Pílulas para o Silêncio (Parte CCCLXVII)
Clauder Arcanjo*
(Escultura Pietà, de Michelangelo)
Carta à mãe
Carta à mãe
Rio de Janeiro, 4 de setembro de 2024.
Queria o calor dos teus braços, mãe, mas me encontro distante. Aqui os lençóis não têm o teu cheiro, muito menos o afago do teu abraço.
Nesta cidade grande e impessoal, ouso saudar os transeuntes na rua, porém poucos me respondem. Como se um bom-dia representasse uma aproximação perigosa. Não te preocupes, continuarei fazendo o que bem nos ensinaste: tratar a todos com respeito e educação.

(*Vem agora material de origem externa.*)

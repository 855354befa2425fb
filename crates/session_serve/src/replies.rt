//! The answers to a session's frames.

ghost use Rattle.std.specs.Prelude.{◌≡◌, ◌≤◌, length};
ghost use Rattle.tardis_base.specs.Sizes.{longest_framed, longest_request};
ghost use Rattle.session_serve.specs.Replies.{request_in, reply_without};
ghost use Rattle.session_serve.specs.Asking.{Asked};

use crate::askers::Asks;
use site_run::{Gathered, Responder, put_reply};
use std::alloc::Global;
use talk_bytes::write_reply;
use tardis_base::{MAX_FRAMED, MAX_REQUEST, NoMemory, Refusal, Reply, ReplyBuf};
use trail_log::Acted;

/// Answers each body by the frame of the reply to its request.
#[derive(Drop)]
pub(crate) struct SessionReplies {
    pub(crate) reply: ReplyBuf,
}

impl SessionReplies {
    pub(crate) fn new(alloc: Global) -> Result<SessionReplies, NoMemory> {
        let reply = ReplyBuf::new(alloc)?;
        Ok(SessionReplies { reply })
    }
}

impl<A: Asks> Responder<A> for SessionReplies {
    ghost State = { A };

    ghost stands = { λ a s. a ≡ s };

    ghost may = { Asked A.asks };

    ghost opening = { A.opening };

    ghost MOST = { longest_framed };

    const MOST: usize = MAX_FRAMED;

    fn respond(&mut self, subject: &mut A, body: &[u8], out: &mut Gathered) {
        let acted = subject.ask(request_of(body), &mut self.reply);
        spell(acted, &mut self.reply);
        put_reply(self.reply.bytes(), out);
    }
}

/// The request in a body. One of more bytes spells none, as the empty one does.
fn request_of(body: &[u8]) -> &[u8]
    ensures same { result.now ≡ request_in body.now }
    ensures fits { length result.now ≤ longest_request }
{
    if body.len() <= MAX_REQUEST { body } else { &[] }
}

/// Makes the buffer the reply to a request, which is in it where the request was answered.
fn spell(acted: Acted, reply: &mut ReplyBuf)
    ensures { reply.new ≡ reply_without acted reply.old }
{
    match acted {
        Acted::Done => {}
        Acted::TrailFull { bytes } => {
            reply.clear();
            let refusal = Refusal::TrailFull { bytes };
            write_reply(&Reply::Refused { refusal }, reply);
        }
        Acted::NoMemory => {
            reply.clear();
            write_reply(&Reply::NoMemory, reply);
        }
    }
}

Aquela tua máxima, “São filhos de Deus, únicos, e só por isso, meus filhos, merecem o nosso respeito”, ressoa sempre em meio aos meus atos.
Queria hoje, nestas horas em que me sinto tão triste, ouvir a tua palavra meiga, dizendo-me: “É puro, é santo, é milagroso e é bom!”. Fecho os olhos e transporto-me para junto de ti, mamãe, para a rua Mateus Mendes, 75. Deves estar agora na tua cadeira em Santana, rezando terços para que Maria guie os nossos passos.
Ontem, entre uma prece e outra pelos meus, não consegui conter as lágrimas. O mundo nos afasta e parece que seguiremos cada vez mais distantes um do outro. Na infância, papai nos colocava no seu jipe e seguíamos para a fazenda Eldorado. Os atoleiros eram a nossa odisseia, e torcíamos para o motorista não vencer o caminho. Carro atolado era sempre motivo de alegria para nós. Poderíamos descer, apreciar a aventura de retirar o veículo da lama. Enfim, nos verdes anos até a derrota se tornava festa.
Jantei a culinária da cidade grande, no entanto a vontade era me servir do teu café com leite, acompanhado de pão e manteiga. Deitei-me e pedi a tua proteção. Sem falar que roguei pela intermediação, junto aos céus, do nosso saudoso pai, o bom Zequinha, e de minha sogra, dona Cleyde. Confesso, minha querida Djanira, que eu preciso de vocês, não devo ter lá muito crédito junto ao Senhor.
Dormi a custo e, em plena madrugada, vi-me presa de um pesadelo atroz. “Deus do Céu, Pai Todo-Poderoso, afasta de mim esse cálice!”
Levantei-me, lavei o rosto e vi-me no espelho do quarto do hotel. As olheiras denunciavam a minha terrível aflição.
Voltei para a cama e, em posição fetal, abraçado ao travesseiro, imaginei-me no teu regaço. Piedade.
Somente assim serenei e dormi.
Nossa Senhora, me dê a mão
Cuida do meu coração
Da minha vida, do meu destino
Nossa Senhora, me dê a mão
Cuida do meu coração
Da minha vida, do meu destino
Do meu caminho
Cuida de mim
— A tua bênção, mãe!
*Clauder Arcanjo é escritor e editor, membro da Academia Norte-rio-grandense de Letras.